Aim of the exercise: In the listing below, find the line containing "node - leaves" and the line containing "pub fn raised(depth: u32, id: usize, parts: &[u64;". Repeat exactly those two lines and every line between them, nothing more.

▬▬▬

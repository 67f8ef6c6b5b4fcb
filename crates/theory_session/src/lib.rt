//! The desk as a machine, and what it answers: questions about claims of a model, their answers,
//! rows and versions, commands, replies, and how these are printed.
//!
//! The definitions stand in `specs/`, in plain data: `Ask` and `Answered` first; then `Row`,
//! `Lookup`, `Creation` and `Editing`, by which `Step`, `Steps` and `Accepted` say what a desk does
//! with a command, over a session and with stored rows; last `Check`, `Derive` and `Printed`.
//! Nothing of the product's code is used or repeated here. `laws` says what the names of a question
//! and the conditions on them mean, and `laws_desk` what holds of every session.
#![tactic(auto)]

mod laws;
mod laws_desk;
mod laws_rows;
mod laws_scripts;
pub mod slow;

pub use laws::{
    conditions_of_sentences_are_right, first_unlisted_names_are_found, names_are_each_once,
    nothing_is_printed_of_no_equation, worked_condition, worked_questions,
};
pub use laws_desk::{
    Meant, accepted_versions_stay_accepted, each_command_has_one_step, questions_add_nothing,
    repeats_get_their_reply, rows_determine_the_desk,
};
pub use laws_rows::{
    a_check_is_a_run, a_desk_is_full_at_its_limits, a_row_has_one_of_two_formats,
    no_row_comes_before_its_base,
};
pub use laws_scripts::{
    a_failed_edit_is_sent_again, a_version_is_shown_as_printed, an_edit_is_accepted_once,
    ids_are_used_once_in_a_model,
};
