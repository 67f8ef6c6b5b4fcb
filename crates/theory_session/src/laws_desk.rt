ghost use Rattle.theory_meaning.specs.Deciding.{Meanings};
ghost use Rattle.theory_session.specs.DeskLaws.{StepsGrowAtTheEnd, RunsKeepAcceptance, RefusalsAddNothing};
ghost use Rattle.theory_session.specs.DeskLaws.{RepeatsGetTheirReply, EachCommandHasAStep, NoCommandHasTwoSteps, RowsDetermineTheDesk};
ghost use Rattle.theory_session.specs.DeskLaws.{QuestionsAddNothing, RefusedQuestionsHaveOneReply, DesksHaveNoBadRow, OneRowIsTheFirstBad};

use theory_grammar::{
    a_text_is_spelled_once_or_fails_once, an_edit_text_is_spelled_once_or_fails_once,
};

/// What a decider may answer, for laws over all deciders.
pub trait Meant {
    ghost meanings: { Meanings };
}

/// Accepted versions stay accepted, and new ones stand behind them.
pub fn accepted_versions_stay_accepted<D: Meant>()
    ensures step { StepsGrowAtTheEnd D.meanings }
    ensures run { RunsKeepAcceptance D.meanings }
    ensures refused { RefusalsAddNothing D.meanings }
{}

/// A change that was accepted gets its reply again, and adds nothing.
pub fn repeats_get_their_reply<D: Meant>()
    ensures { RepeatsGetTheirReply D.meanings }
{
    a_text_is_spelled_once_or_fails_once();
}

/// Each command but a question has one step, want of memory and a keeper's fault aside.
pub fn each_command_has_one_step<D: Meant>()
    ensures some { EachCommandHasAStep D.meanings }
    ensures one { NoCommandHasTwoSteps D.meanings }
{
    a_text_is_spelled_once_or_fails_once();
    an_edit_text_is_spelled_once_or_fails_once();
}

/// A question adds nothing; one that its checks refuse has one reply.
pub fn questions_add_nothing<D: Meant>()
    ensures same { QuestionsAddNothing D.meanings }
    ensures refused { RefusedQuestionsHaveOneReply D.meanings }
{}

/// Rows are those of at most one list of versions, or have at most one first bad row; never both.
pub fn rows_determine_the_desk()
    ensures desk { RowsDetermineTheDesk }
    ensures never_both { DesksHaveNoBadRow }
    ensures bad { OneRowIsTheFirstBad }
{
    a_text_is_spelled_once_or_fails_once();
    an_edit_text_is_spelled_once_or_fails_once();
}
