ghost use Rattle.std.specs.Prelude.{◌≡◌, ◌↔◌, ℕ, List, [], ◌∷◌, ◌++◌, if◌then◌else◌, Some, None, codes};
ghost use Rattle.std.specs.List.{list_any};
ghost use Rattle.std.specs.Str.{bytes_eq};
ghost use Rattle.theory_meaning.specs.declared.words.Kind.TheVariants.{Rare};
ghost use Rattle.theory_meaning.specs.Point.{Name, Point, AreDistinct};
ghost use Rattle.theory_meaning.specs.Region.{AreAmong};
ghost use Rattle.theory_meaning.specs.Truth.{truth_of};
ghost use Rattle.theory_grammar.specs.Printed.{claim_text};
ghost use Rattle.theory_derivative.specs.WorkedModels.{tax_model};
ghost use Rattle.theory_session.specs.Check.{questions_of, question_about};
ghost use Rattle.theory_session.specs.Derive.{derivation};
ghost use Rattle.theory_session.specs.Meaning.{IsFirstUnlisted, ConditionsOfSentencesAreRight};
ghost use Rattle.theory_session.specs.Names.{each_once, first_unlisted};
ghost use Rattle.theory_session.specs.Printed.{reply_text};
ghost use Rattle.theory_session.specs.WorkedCondition.{printed_condition, short_condition};

/// The same names, each once, in the order in which they first stand.
pub fn names_are_each_once()
    ensures distinct { (names : List Name) → AreDistinct (each_once names) }
    ensures no_others { (names : List Name) → AreAmong (each_once names) names }
    ensures all { (names : List Name) → AreAmong names (each_once names) }
    ensures last { (names : List Name) (name : Name) → each_once (names ++ name ∷ []) ≡
        (if list_any (bytes_eq name) names then each_once names else each_once names ++ name ∷ []) }
{}

/// No place is found exactly where all names are listed, and one exactly of the first that isn't.
pub fn first_unlisted_names_are_found()
    ensures none { (listed names : List Name) →
        (first_unlisted listed names ≡ None) ↔ AreAmong names listed }
    ensures found { (listed names : List Name) (place : ℕ) →
        (first_unlisted listed names ≡ Some place) ↔ IsFirstUnlisted listed names place }
{}

/// A condition that is right of the counterexample sentence is right of the model.
pub fn conditions_of_sentences_are_right()
    ensures { ConditionsOfSentencesAreRight }
{}

/// The one question of a check of the tax model.
pub fn worked_questions()
    ensures { questions_of tax_model [] Rare ≡
        question_about (codes "tax") [] Rare (codes "C1") ∷ [] }
{}

/// The condition of the tax model on its two slopes says the same at each point as a shorter one.
pub fn worked_condition()
    ensures same { (p : Point) → truth_of printed_condition p ≡ truth_of short_condition p }
    ensures printed { claim_text printed_condition ≡
        codes "[D.p - S.r <= 0 or D.p >= 0 or S.r <= 0 or D.p + S.r < 0]" ++ codes " and "
        ++ codes "[D.p - S.r >= 0 or D.p >= 0 or S.r <= 0 or D.p + S.r > 0]" }
    ensures short { claim_text short_condition ≡ codes "D.p >= 0 or S.r <= 0 or D.p + S.r > 0" }
{}

/// Where nothing is differentiated nothing is printed.
pub fn nothing_is_printed_of_no_equation()
    ensures { reply_text (derivation []) ≡ [] }
{}
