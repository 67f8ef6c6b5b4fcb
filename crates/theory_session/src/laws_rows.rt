ghost use Rattle.std.specs.Prelude.{[], ◌∷◌};
ghost use Rattle.theory_session.specs.Accepted.{IsDeskOf, IsFirstBadRow};
ghost use Rattle.theory_session.specs.CheckRun.{ChecksAreRuns};
ghost use Rattle.theory_session.specs.WorkedRows.{ratio_entry, second_row};
ghost use Rattle.theory_session.specs.WorkedRows.{ThousandModelsFit, NoModelMoreFits, TenThousandVersionsFit, NoVersionMoreFits};

use crate::laws_desk::Meant;
use theory_grammar::a_text_is_spelled_once_or_fails_once;

/// In a row of format 1 nothing divides, and there is no third format.
pub fn a_row_has_one_of_two_formats()
    ensures first { IsFirstBadRow ((ratio_entry 1).row ∷ []) 1 }
    ensures second { IsDeskOf ((ratio_entry 2).row ∷ []) (ratio_entry 2 ∷ []) }
    ensures third { IsFirstBadRow ((ratio_entry 3).row ∷ []) 1 }
{
    a_text_is_spelled_once_or_fails_once();
}

/// No row comes before its base.
pub fn no_row_comes_before_its_base()
    ensures { IsFirstBadRow (second_row ∷ []) 1 }
{}

/// The 1,000th model and the 10,000th version of a model are accepted, and no more.
pub fn a_desk_is_full_at_its_limits<D: Meant>()
    ensures models { ThousandModelsFit D.meanings }
    ensures no_more_models { NoModelMoreFits D.meanings }
    ensures versions { TenThousandVersionsFit D.meanings }
    ensures no_more_versions { NoVersionMoreFits D.meanings }
{}

/// The replies of a check are a run of one creation and a question for each claim.
pub fn a_check_is_a_run<D: Meant>()
    ensures { ChecksAreRuns D.meanings }
{}
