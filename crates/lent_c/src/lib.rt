// The two functions of `lent` for callers in C, as include/lent.h declares them.
#![tactic(auto)]

ghost use Rattle.std.specs.Prelude.{◌≡◌};
ghost use Rattle.lent.specs.Lent.{number_in, outcome, clock_pair, run_pair};

use calls::Refusal;
use timers::Timers;

// What C is told: a refusal's number, or 0.
fn number(answer: Result<(), Refusal>) -> u8
    ensures { result ≡ number_in answer }
{
    match answer {
        Ok(()) => 0,
        Err(refusal) => refusal.number(),
    }
}

// One clock.
#[unsafe(no_mangle)]
pub extern "C" fn clock_pair(p: &mut Timers) -> u8
    ensures { outcome result p.new ≡ clock_pair p.old }
{
    number(lent::clock_pair(p))
}

// n clocks, in a number of steps that does not grow with n.
#[unsafe(no_mangle)]
pub extern "C" fn run_pair(p: &mut Timers, n: u32) -> u8
    ensures { outcome result p.new ≡ run_pair n p.old }
{
    number(lent::run_pair(p, n))
}
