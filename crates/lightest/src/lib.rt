// The lightest of up to 4,096 parts, kept up while parts are raised, inside: a tournament, so that what has changed is known
// without a look through all parts.
//
//   parts   the weight of id i at place i, for the ids below 2 ^ depth
//   tree    a node at each place from 1 to 2 ^ depth - 1: the id of the first of the lightest parts below it. 1 is the root, 2n
//           and 2n + 1 stand below n, and the leaf of id i, which has no place, is node 2 ^ depth + i. The other places hold 0
//
// One promise, `Knows (2 ^ depth) parts tree`: `make` gives it whatever the tree held, and `raised` gives it back after a part was
// raised (raised_one), in at most `depth` steps. With it the root's id is below 2 ^ depth (root_below), no part is lighter
// (root_least), and the tree is no other (knows_only).
#![tactic(auto)]

ghost use Rattle.std.specs.Prelude.{◌≡◌, ◌^◌, ◌≤◌, ◌<◌, set};
ghost use Rattle.lightest.specs.Tree.{lighter_of, id_at, root, Knows, Knew, Ready, worked_out};

// How many leaves a tree of so many levels has.
pub fn leaves_of(depth: u32) -> usize
    requires { depth ≤ 12 }
    ensures value { result ≡ 2 ^ depth }
    ensures few { (0 < result) × (result ≤ 4096) }
{
    1usize << depth
}

// The lighter of two parts; of equals the first.
#[tactic(auto, unfolding(rules::specs::Sums::pick, crate::specs::Tree::lighter_of))]
fn lighter(parts: &[u64; 4096], a: usize, b: usize) -> usize
    requires { (a < 4096) × (b < 4096) }
    ensures { result ≡ lighter_of parts.now a b }
{
    if parts[b] < parts[a] { b } else { a }
}

// The id at a node.
#[tactic(auto, unfolding(rules::specs::Sums::pick, crate::specs::Tree::id_at))]
fn id_at(leaves: usize, node: usize, tree: &[usize; 4096]) -> usize
    requires { leaves ≤ 4096 }
    ensures { result ≡ id_at leaves tree.now node }
{
    if node < leaves {
        tree[node]
    } else {
        node - leaves
    }
}

// Works a node out from the two below it.
fn work_out(leaves: usize, node: usize, parts: &[u64; 4096], tree: &mut [usize; 4096])
    requires { Ready leaves tree.old node }
    ensures { tree.new ≡ set tree.old node (worked_out leaves parts.now tree.old node) }
{
    let left = id_at(leaves, 2 * node, tree);
    let right = id_at(leaves, 2 * node + 1, tree);
    tree[node] = lighter(parts, left, right);
}

// Writes the tree of the parts as they are.
pub fn make(depth: u32, parts: &[u64; 4096], tree: &mut [usize; 4096])
    requires { depth ≤ 12 }
    ensures { Knows (2 ^ depth) parts.now tree.new }
{
    *tree = [0usize; 4096];
    let leaves = leaves_of(depth);
    for node in (1..leaves).rev() {
        work_out(leaves, node, parts, tree);
    }
}

// Writes the tree anew after part `id` was raised: from its leaf up, as long as it was the lightest there.
pub fn raised(depth: u32, id: usize, parts: &[u64; 4096], tree: &mut [usize; 4096])
    requires depth_bound { (depth ≤ 12) × (id < 2 ^ depth) }
    requires knew { Knew (2 ^ depth) id parts.now tree.old }
    ensures { Knows (2 ^ depth) parts.now tree.new }
{
    let leaves = leaves_of(depth);
    let mut node = (leaves + id) / 2;
    // A `while`: each step goes to half the node, and the way may end before the root.
    while 0 < node {
        if tree[node] != id {
            return;
        }
        work_out(leaves, node, parts, tree);
        node = node / 2;
    }
}

// The id of the lightest part, the first of equals.
pub fn lightest(tree: &[usize; 4096]) -> usize
    ensures { result ≡ root tree.now }
{
    tree[1]
}
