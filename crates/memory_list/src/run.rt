//! What a secure memory answers.
ghost use Rattle.std.specs.Prelude.{◌≡◌, ◌≤◌, [], false};
ghost use Rattle.std.specs.FinMap.{empty};
ghost use Rattle.off_chip.specs.BusCalls.{TellsOnly};
ghost use Rattle.off_chip.specs.OffChipBytes.{static_blocks};
ghost use Rattle.orbis_core.specs.Accesses.{IsSettled};
ghost use Rattle.stamp_log.specs.StandsOn.{IsNew};
ghost use Rattle.secure_memory.specs.MemorySights.{IsReady, sight_of};
ghost use Rattle.secure_memory.specs.MemoryStands.{IsOfLayout};

use crate::lines::Line;
use aegis_num::Key;
use aes_pad::Aes;
use anyhow::{Result, bail};
use hash_tree::Tree;
use line_cache::{LineCache, Lines};
use off_chip::{OffChip, blocks_of_tree};
use orbis_core::{Memory, Stop};
use regions::Layout;
use secure_memory::{PrivatePad, SecureMemory};
use stamp_log::StampLog;
use std::alloc::Global;

/// Ten data blocks, seven of which are static, and five blocks of the log.
pub(crate) fn ten_blocks() -> Layout
    ensures log { result.log ≡ 5 }
    ensures statics { static_blocks result ≡ 7 }
{
    Layout {
        verified: 1,
        private: 2,
        constants: 3,
        code: 4,
        log: 5,
        shared: 12,
    }
}

// What an access answers. A store that is done answers with 0.
fn answer<M: Memory>(memory: &mut M, line: Line) -> Result<u32, Stop>
    requires left { M.has_left memory.old 2 }
    ensures left { IsSettled result → M.has_left memory.new 1 }
{
    match line {
        Line::Fetch(at) => memory.fetch(at),
        Line::Word(at) => memory.load_word(at),
        Line::Byte(at) => memory.load_byte(at),
        Line::PutWord(at, word) => {
            memory.store_word(at, word)?;
            Ok(0)
        }
        Line::PutByte(at, byte) => {
            memory.store_byte(at, byte)?;
            Ok(0)
        }
        Line::Enter | Line::PrivateOn => Ok(0),
    }
}

// Whether the tree or the log stopped an access.
fn is_stopped(answer: Result<u32, Stop>) -> bool
    ensures settled { (result ≡ false) → IsSettled answer }
{
    matches!(answer, Err(Stop::Tree { .. } | Stop::Log { .. }))
}

// The mode unit does what a line says of it.
fn change_mode<O: OffChip, L: Lines>(memory: &mut SecureMemory<'_, O, L>, line: Line)
    requires ready { IsReady (sight_of L.lines O.trace O.room O.layout memory.old) }
    ensures ready { IsReady (sight_of L.lines O.trace O.room O.layout memory.new) }
    ensures bus { memory.new.lent.now ≡ memory.old.lent.now }
{
    match line {
        Line::Enter => {
            memory.modes().enter();
        }
        Line::PrivateOn => {
            memory.modes().private_on();
        }
        _ => {}
    }
}

// What a memory answers to each line, and how many events there are then. It ends where the tree or the log stops an access.
fn answers<O: OffChip, L: Lines>(
    alloc: Global,
    memory: &mut SecureMemory<'_, O, L>,
    lines: &[Line],
) -> Result<String>
    requires ready { IsReady (sight_of L.lines O.trace O.room O.layout memory.old) }
{
    let mut text = String::new(alloc);
    'each: for line in lines {
        change_mode(memory, *line);
        if memory.lent.room() < 320 {
            bail!("no room is left");
        }
        let answered = answer(memory, *line);
        let events = memory.lent.events();
        text.push_str(format!(in alloc; "{answered:?}, {events} events\n")?.as_str())?;
        if is_stopped(answered) {
            return Ok(text);
        }
    }
    Ok(text)
}

/// Enters a program on a bus, and tells what the memory answers to each line.
pub(crate) fn run_on<O: OffChip>(
    alloc: Global,
    bus: &mut O,
    layout: Layout,
    lines: &[Line],
) -> Result<String>
    requires unused { O.trace bus.old ≡ [] }
    requires log { layout.log ≡ 5 }
    requires statics { static_blocks layout ≡ 7 }
    requires has_room { 20000 ≤ O.room bus.old }
    requires told { TellsOnly layout (O.layout bus.old) }
{
    let _blocks = blocks_of_tree(&layout);
    let key = Key([7; 16]);
    let veil = PrivatePad::new(Aes::new(&key), layout);
    let tree = Tree::new(LineCache::new(alloc)?, veil, layout);
    let log = StampLog::new(alloc, layout.log, key)?;
    let mut memory = SecureMemory::new(bus, tree, log, layout);
    memory.enter();
    let text = answers(alloc, &mut memory, lines);
    let _parts = memory.parts();
    text
}
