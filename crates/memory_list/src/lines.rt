//! What a line says.
use anyhow::{Result, bail};

/// What is done with a memory.
#[derive(Clone, Copy, Debug)]
pub(crate) enum Line {
    /// A word is fetched at an address.
    Fetch(u32),
    /// A word is loaded.
    Word(u32),
    /// A byte is loaded.
    Byte(u32),
    /// A word is stored at an address.
    PutWord(u32, u32),
    /// A byte is stored at an address.
    PutByte(u32, u8),
    /// The mode unit enters the secure program.
    Enter,
    /// The mode unit goes on to private execution.
    PrivateOn,
}

// The first word of a text, and what stands after it.
fn first_word(text: &str) -> (&str, &str) {
    match text.split_once(' ') {
        Some((word, rest)) => (word, rest),
        None => (text, ""),
    }
}

// The number that hexadecimal digits write.
fn number(digits: &str) -> Result<u32> {
    Ok(u32::from_str_radix(digits, 16)?)
}

/// What a line says.
pub(crate) fn line_of(text: &str) -> Result<Line> {
    let (word, rest) = first_word(text);
    let (at, value) = first_word(rest);
    Ok(match word {
        "fetch" => Line::Fetch(number(at)?),
        "word" => Line::Word(number(at)?),
        "byte" => Line::Byte(number(at)?),
        "put-word" => Line::PutWord(number(at)?, number(value)?),
        "put-byte" => Line::PutByte(number(at)?, (number(value)? % 256) as u8),
        "enter" => Line::Enter,
        "private-on" => Line::PrivateOn,
        _ => bail!("no such line"),
    })
}
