//! Lists what a secure memory answers, for each line of the standard input, and how many events its bus has then. The memory
//! has ten data blocks and five of the log, and its program was entered. A line is one of `fetch A`, `word A`, `byte A`,
//! `put-word A W`, `put-byte A B`, `enter` and `private-on`, where `A`, `W` and `B` are hexadecimal.
#![tactic(auto)]

ghost use Rattle.std.specs.Prelude.{◌≡◌, IfOk, length};

mod lines;
mod run;

use crate::lines::line_of;
use crate::run::{run_on, ten_blocks};
use aegis_num::OutOfMemory;
use anyhow::Result;
use off_chip::PlainDram;
use std::alloc::Global;

// The bytes of the static blocks: 0, 1, 2 and so on up to 250, and then from 0 again.
fn ramp(alloc: Global) -> Result<Vec<u8>, OutOfMemory>
    ensures bytes { IfOk result (λ bytes. length bytes.items ≡ 448) }
{
    let mut bytes = vec![in alloc; 0; 448]?;
    let mut next = 0u8;
    for byte in bytes.as_mut_slice() {
        *byte = next;
        next = next.wrapping_add(1) % 251;
    }
    Ok(bytes)
}

fn main(rt: HostRuntime) -> Result<()> {
    let mut lines = Vec::new(rt.alloc());
    for line in rt.lines(rt.alloc()) {
        lines.push(line_of(line?.as_str())?)?;
    }
    let layout = ten_blocks();
    let statics = ramp(rt.alloc())?;
    let mut dram = PlainDram::new(rt.alloc(), &layout, statics.as_slice(), 20_000)?;
    let text = run_on(rt.alloc(), &mut dram, layout, lines.as_slice())?;
    rt.print(text.as_str())?;
    Ok(())
}
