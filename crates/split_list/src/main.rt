//! Lists the flat code of the sources of the standard input, one source a line.
#![tactic(auto)]

use aegis_num::limits::MAX_SOURCE_BYTES;
use anyhow::{Result, ensure};
use c_reader::read_program;
use c_token::tokens;
use c_types::check;
use ir_code::Ir;
use secure_split::split;
use std::alloc::Global;

/// The flat code of a source.
fn code_of(alloc: Global, text: &[u8]) -> Result<Ir> {
    ensure!(
        text.len() <= MAX_SOURCE_BYTES as usize,
        "the source is too long"
    );
    let tokens = tokens(alloc, text)?;
    let program = read_program(alloc, &tokens)?;
    let checked = check(alloc, program)?;
    Ok(split(alloc, &checked)?)
}

/// A line for each cell, one for each operation, and one that says where it starts.
fn listing(alloc: Global, ir: &Ir) -> Result<String> {
    let mut text = String::new(alloc);
    for cell in ir.cells.as_slice() {
        let first = cell.first.as_slice();
        let line = format!(in alloc; "{:?} {} {first:?}\n", cell.class, cell.words)?;
        text.push_str(line.as_str())?;
    }
    for op in ir.ops.as_slice() {
        let line = format!(in alloc; "{op:?}\n")?;
        text.push_str(line.as_str())?;
    }
    let line = format!(in alloc; "starts at {}", ir.entry)?;
    text.push_str(line.as_str())?;
    Ok(text)
}

fn main(rt: HostRuntime) -> Result<()> {
    for line in rt.lines(rt.alloc()) {
        let line = line?;
        let ir = code_of(rt.alloc(), line.as_str().as_bytes())?;
        rt.println(listing(rt.alloc(), &ir)?.as_str())?;
    }
    Ok(())
}
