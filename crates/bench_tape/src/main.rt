// For the benchmark: 400 tapes of 5,000 tickets, written add by add. Prints the steps of the last, and the first byte of its tag.
#![tactic(auto)]

use calls::Answer;
use std::io;
use tape_model::{HEAD_LENGTH, Head, TICKET_LENGTH, Ticket};
use tape_writer::Writer;

// Tickets that are not all alike.
fn ticket_at(n: u16) -> Ticket {
    let second = u32::from(n);
    Ticket {
        form: 1,
        truck: n % 1000 + 1,
        shovel: (n % 60 + 1) as u8,
        tip: (n % 50 + 1) as u8,
        grade: (n % 10) as u8,
        loaded: second % 40000,
        tipped: second % 40000,
        gross: 250000 + second,
        tare: 110000 + second,
    }
}

// A tape. Its tag becomes the key, so that each tape needs the one before it.
fn written(key: &mut [u8], out: &mut [u8; 65025]) -> u64 {
    let head = Head {
        device: 7,
        shift: 2,
        sheet: 1,
    };
    let mut writer = Writer::fresh().start(key, head, out).writer;
    // by a range of numbers: over `chunks_exact_mut` an add takes 120 of 380 instructions more
    for n in 0..5000 {
        let at = HEAD_LENGTH + TICKET_LENGTH * usize::from(n);
        writer = writer.add(ticket_at(n), &mut out[at..]).writer;
    }
    match writer.finish(key).answer {
        Answer::Refused(_) => 0,
        Answer::Done(_, steps) => steps,
    }
}

fn main(rt: HostRuntime) -> io::Result<()> {
    // arrays of fixed size, since the project allows no heap
    let mut out = [0; 65025];
    let mut key = [0; 16];
    let mut steps = 0;
    for _ in 0..400 {
        steps = written(&mut key, &mut out);
    }
    println!(rt; "{steps} {}", key[0])
}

▬▬▬

Answer for this exercise:
        node - leaves
    }
}

// Works a node out from the two below it.
fn work_out(leaves: usize, node: usize, parts: &[u64; 4096], tree: &mut [usize; 4096])
    requires { Ready leaves tree.old node }
    ensures { tree.new ≡ set tree.old node (worked_out leaves parts.now tree.old node) }
{
    let left = id_at(leaves, 2 * node, tree);
    let right = id_at(leaves, 2 * node + 1, tree);
    tree[node] = lighter(parts, left, right);
}

// Writes the tree of the parts as they are.
pub fn make(depth: u32, parts: &[u64; 4096], tree: &mut [usize; 4096])
    requires { depth ≤ 12 }
    ensures { Knows (2 ^ depth) parts.now tree.new }
{
    *tree = [0usize; 4096];
    let leaves = leaves_of(depth);
    for node in (1..leaves).rev() {
        work_out(leaves, node, parts, tree);
    }
}

// Writes the tree anew after part `id` was raised: from its leaf up, as long as it was the lightest there.
pub fn raised(depth: u32, id: usize, parts: &[u64; 4096], tree: &mut [usize; 4096])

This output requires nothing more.